[[ MATERIAL FOR THIS TASK, beginning ]]
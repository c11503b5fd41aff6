//! A run of Trivium between its pieces.

ghost use Rattle.std.specs.Prelude.{◌≡◌, ℕ, ◌+◌, ◌<◌, ◌≤◌, [], ◌∷◌, length, map, sum_by, IfOk, IfErr, OnOk};
ghost use Rattle.mask_bits.specs.Lanes.{lane};
ghost use Rattle.mask_io.specs.Outside.{faults_after};
ghost use Rattle.mask_check.specs.Costs.{most_steps};
ghost use Rattle.mask_tape.specs.Tape.{failed_to_draw};
ghost use Rattle.mask_tape.specs.declared.tape.TapeError.TheVariants as TapeError;
ghost use Rattle.mask_trace.specs.Values.{HasShares};
ghost use Rattle.mask_trace.specs.Drawing.{Ran, stand};
ghost use Rattle.mask_trivium.specs.NamedTrivium.{named_start, named_step};
ghost use Rattle.mask_modes.specs.Steps.{block_at};
ghost use Rattle.mask_streams.specs.Streams.{ahead, start_step, steps_behind, stream_step};
ghost use Rattle.mask_chain.specs.Chains.{Stopped};

use crate::words::{block_words, iv_words};
use mask_chain::{ChainRun, Evaluation, Keep, Part, Source};
use mask_circuit::Steps;
use mask_eval::Watch;
use mask_io::Entropy;
use mask_shares::Shares;
use mask_tape::{Tape, TapeError};
use mask_trivium::{trivium_start, trivium_step};
use std::alloc::{AllocError, Global};
use std::marker::Model;
use std::sync::ledger::Ledger;

/// A run of Trivium with a key in N shares.
#[derive(Drop)]
pub struct StreamRun<const N: usize> {
    start: Part<N>,
    step: Part<N>,
    chain: ChainRun<N>,
    // What is handed out ahead of the first piece.
    blank: Vec<Shares<N>>,
    iv: [u8; 10],
}

impl<const N: usize> Model for StreamRun<N> {
    ghost use Rattle.mask_chain.specs.Chains.{have};
    ghost use Rattle.mask_keystream.specs.Streaming.{Between, IsInForm, shown};

    ghost Value = { Between };

    ghost view = { λ r. record { iv = r.iv; held = have r.chain; outputs = shown r.blank.items r.chain.state } };

    ghost invariant = { λ r. IsInForm r.start r.step r.chain r.blank.items r.iv };
}

impl<const N: usize> StreamRun<N> {
    /// A run with this IV and this key, and no state. The shares of a bit of the key are those of lane 0.
    pub fn new<L: Ledger>(
        alloc: Global,
        iv: &[u8; 10],
        key: &[Shares<N>],
        steps: &mut Steps<L>,
    ) -> Result<StreamRun<N>, AllocError>
        requires some { 2 ≤ N }
        requires few { N ≤ 8 }
        requires length { length key.now ≡ 80 }
        ensures value { IfOk result (λ run. run ≡ record {
          iv = iv.now;
          held = record { key = map (lane 0) key.now; state = [] };
          outputs = run.outputs;
        }) }
        ensures shares { IfOk result (λ run. HasShares N 80 0 run.held) }
        ensures steps { steps.new ≤ steps.old + (most_steps named_start + most_steps named_step) }
    {
        let start = trivium_start(alloc, steps)?;
        let step = trivium_step(alloc, steps)?;
        Ok(StreamRun {
            start: Part::new(alloc, start)?,
            step: Part::new(alloc, step)?,
            chain: ChainRun::new(alloc, key)?,
            blank: vec![in alloc; Shares::from_parts([0; N]); 352]?,
            iv: *iv,
        })
    }

    /// What the latest piece put out: the 288 bits of the cipher's state, and behind them the 64 bits of the result. The shares
    /// of a bit stand in lane 0. Ahead of the first piece they are zeros.
    pub fn outputs(&self) -> &[Shares<N>]
        ensures value { result.now ≡ self.now.outputs }
        ensures count { length self.now.outputs ≡ 352 }
        ensures lanes { length self.now.held.state ≡ 352 → map (lane 0) self.now.outputs ≡ self.now.held.state }
        ensures shares { HasShares N 80 (length self.now.held.state) self.now.held }
    {
        let state = self.chain.state();
        if state.len() == 352 {
            state
        } else {
            &self.blank
        }
    }

    /// Encrypts a piece of a message: one to eight bytes, filled up with zeros, behind so many others. Where there are no others
    /// the state is made first. All memory is taken before the tape is asked.
    pub fn piece<E: Entropy, W: Watch, L: Ledger>(
        &mut self,
        alloc: Global,
        fed: u64,
        piece: &[u8],
        tape: &mut Tape,
        entropy: &mut E,
        watch: &mut W,
        steps: &mut Steps<L>,
    ) -> Result<(), TapeError>
        requires some { 2 ≤ N }
        requires few { N ≤ 8 }
        requires bytes { 1 ≤ length piece.now }
        requires block { length piece.now ≤ 8 }
        requires behind { 0 < fed → length self.old.held.state ≡ 352 }
        requires kept { length tape.old < 8 }
        ensures ran { OnOk result (Ran N self.old.held (steps_behind self.old.iv fed piece.now) self.new.held
            (stand tape.old (E.left entropy.old) (W.told watch.old)) (stand tape.new (E.left entropy.new) (W.told watch.new))) }
        ensures behind { OnOk result (length self.new.held.state ≡ 352) }
        ensures iv { self.new.iv ≡ self.old.iv }
        ensures wants { OnOk result (E.wanted entropy.new ≡ E.wanted entropy.old) }
        ensures steps { OnOk result (steps.new ≡ steps.old + sum_by (λ step. length step.circuit.gates) (steps_behind self.old.iv fed piece.now)) }

        // Where the entropy fails, nothing was evaluated or the start alone.
        ensures stopped { IfErr result (λ e. e ≡ TapeError.Failed → Stopped N self.old.held self.new.held (ahead self.old.iv fed) (stream_step (block_at 8 piece.now 0))
            (E.wanted entropy.new) steps.old steps.new
            (stand tape.old (E.left entropy.old) (W.told watch.old)) (stand tape.new (E.left entropy.new) (W.told watch.new))) }
        ensures no_memory { IfErr result (λ e. e ≡ TapeError.NoMemory → (self.new ≡ self.old) × (tape.new ≡ tape.old)
            × (entropy.new ≡ entropy.old) × (W.told watch.new ≡ W.told watch.old) × (steps.new ≡ steps.old)) }
        ensures counts { E.faults entropy.new ≡ faults_after (failed_to_draw result) (E.faults entropy.old) }
    {
        if fed == 0 {
            self.first_piece(alloc, piece, tape, entropy, watch, steps)
        } else {
            self.later_piece(alloc, piece, tape, entropy, watch, steps)
        }
    }

    // The first piece, ahead of which the state is made of the key and the IV.
    fn first_piece<E: Entropy, W: Watch, L: Ledger>(
        &mut self,
        alloc: Global,
        piece: &[u8],
        tape: &mut Tape,
        entropy: &mut E,
        watch: &mut W,
        steps: &mut Steps<L>,
    ) -> Result<(), TapeError>
        requires some { 2 ≤ N }
        requires few { N ≤ 8 }
        requires bytes { 1 ≤ length piece.now }
        requires block { length piece.now ≤ 8 }
        requires kept { length tape.old < 8 }
        ensures ran { OnOk result (Ran N self.old.held (start_step self.old.iv ∷ stream_step (block_at 8 piece.now 0) ∷ []) self.new.held
            (stand tape.old (E.left entropy.old) (W.told watch.old)) (stand tape.new (E.left entropy.new) (W.told watch.new))) }
        ensures behind { OnOk result (length self.new.held.state ≡ 352) }
        ensures iv { self.new.iv ≡ self.old.iv }
        ensures wants { OnOk result (E.wanted entropy.new ≡ E.wanted entropy.old) }
        ensures steps { OnOk result (steps.new ≡ steps.old + (length named_start.gates + length named_step.gates)) }
        ensures stopped { IfErr result (λ e. e ≡ TapeError.Failed → Stopped N self.old.held self.new.held (start_step self.old.iv ∷ []) (stream_step (block_at 8 piece.now 0))
            (E.wanted entropy.new) steps.old steps.new
            (stand tape.old (E.left entropy.old) (W.told watch.old)) (stand tape.new (E.left entropy.new) (W.told watch.new))) }
        ensures no_memory { IfErr result (λ e. e ≡ TapeError.NoMemory → (self.new ≡ self.old) × (tape.new ≡ tape.old)
            × (entropy.new ≡ entropy.old) × (W.told watch.new ≡ W.told watch.old) × (steps.new ≡ steps.old)) }
        ensures counts { E.faults entropy.new ≡ faults_after (failed_to_draw result) (E.faults entropy.old) }
    {
        let iv = iv_words(&self.iv);
        let message = block_words(piece);
        self.chain.take_two(
            alloc,
            &mut self.start,
            &Evaluation {
                before: &[Source::Key { from: 0, count: 80 }, Source::Public(&iv)],
                message: &[],
                behind: &[],
                keep: Keep::AsState,
            },
            &mut self.step,
            &Evaluation {
                before: &[Source::State { count: 288 }],
                message: &message,
                behind: &[],
                keep: Keep::AsState,
            },
            tape,
            entropy,
            watch,
            steps,
        )
    }

    // A piece behind others.
    fn later_piece<E: Entropy, W: Watch, L: Ledger>(
        &mut self,
        alloc: Global,
        piece: &[u8],
        tape: &mut Tape,
        entropy: &mut E,
        watch: &mut W,
        steps: &mut Steps<L>,
    ) -> Result<(), TapeError>
        requires some { 2 ≤ N }
        requires few { N ≤ 8 }
        requires bytes { 1 ≤ length piece.now }
        requires block { length piece.now ≤ 8 }
        requires behind { length self.old.held.state ≡ 352 }
        requires kept { length tape.old < 8 }
        ensures ran { OnOk result (Ran N self.old.held (stream_step (block_at 8 piece.now 0) ∷ []) self.new.held
            (stand tape.old (E.left entropy.old) (W.told watch.old)) (stand tape.new (E.left entropy.new) (W.told watch.new))) }
        ensures behind { OnOk result (length self.new.held.state ≡ 352) }
        ensures iv { self.new.iv ≡ self.old.iv }
        ensures wants { OnOk result (E.wanted entropy.new ≡ E.wanted entropy.old) }
        ensures steps { OnOk result (steps.new ≡ steps.old + length named_step.gates) }
        ensures stopped { IfErr result (λ e. e ≡ TapeError.Failed → Stopped N self.old.held self.new.held [] (stream_step (block_at 8 piece.now 0))
            (E.wanted entropy.new) steps.old steps.new
            (stand tape.old (E.left entropy.old) (W.told watch.old)) (stand tape.new (E.left entropy.new) (W.told watch.new))) }
        ensures no_memory { IfErr result (λ e. e ≡ TapeError.NoMemory → (self.new ≡ self.old) × (tape.new ≡ tape.old)
            × (entropy.new ≡ entropy.old) × (W.told watch.new ≡ W.told watch.old) × (steps.new ≡ steps.old)) }
        ensures counts { E.faults entropy.new ≡ faults_after (failed_to_draw result) (E.faults entropy.old) }
    {
        let message = block_words(piece);
        self.chain.take(
            alloc,
            &mut self.step,
            &Evaluation {
                before: &[Source::State { count: 288 }],
                message: &message,
                behind: &[],
                keep: Keep::AsState,
            },
            tape,
            entropy,
            watch,
            steps,
        )
    }
}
[[ MATERIAL FOR THIS TASK, end ]]
# [YOUR TASK]
Every line above that includes the word "items" should be listed.

# [EXERCISE SOLUTION]
    ghost view = { λ r. record { iv = r.iv; held = have r.chain; outputs = shown r.blank.items r.chain.state } };
    ghost invariant = { λ r. IsInForm r.start r.step r.chain r.blank.items r.iv };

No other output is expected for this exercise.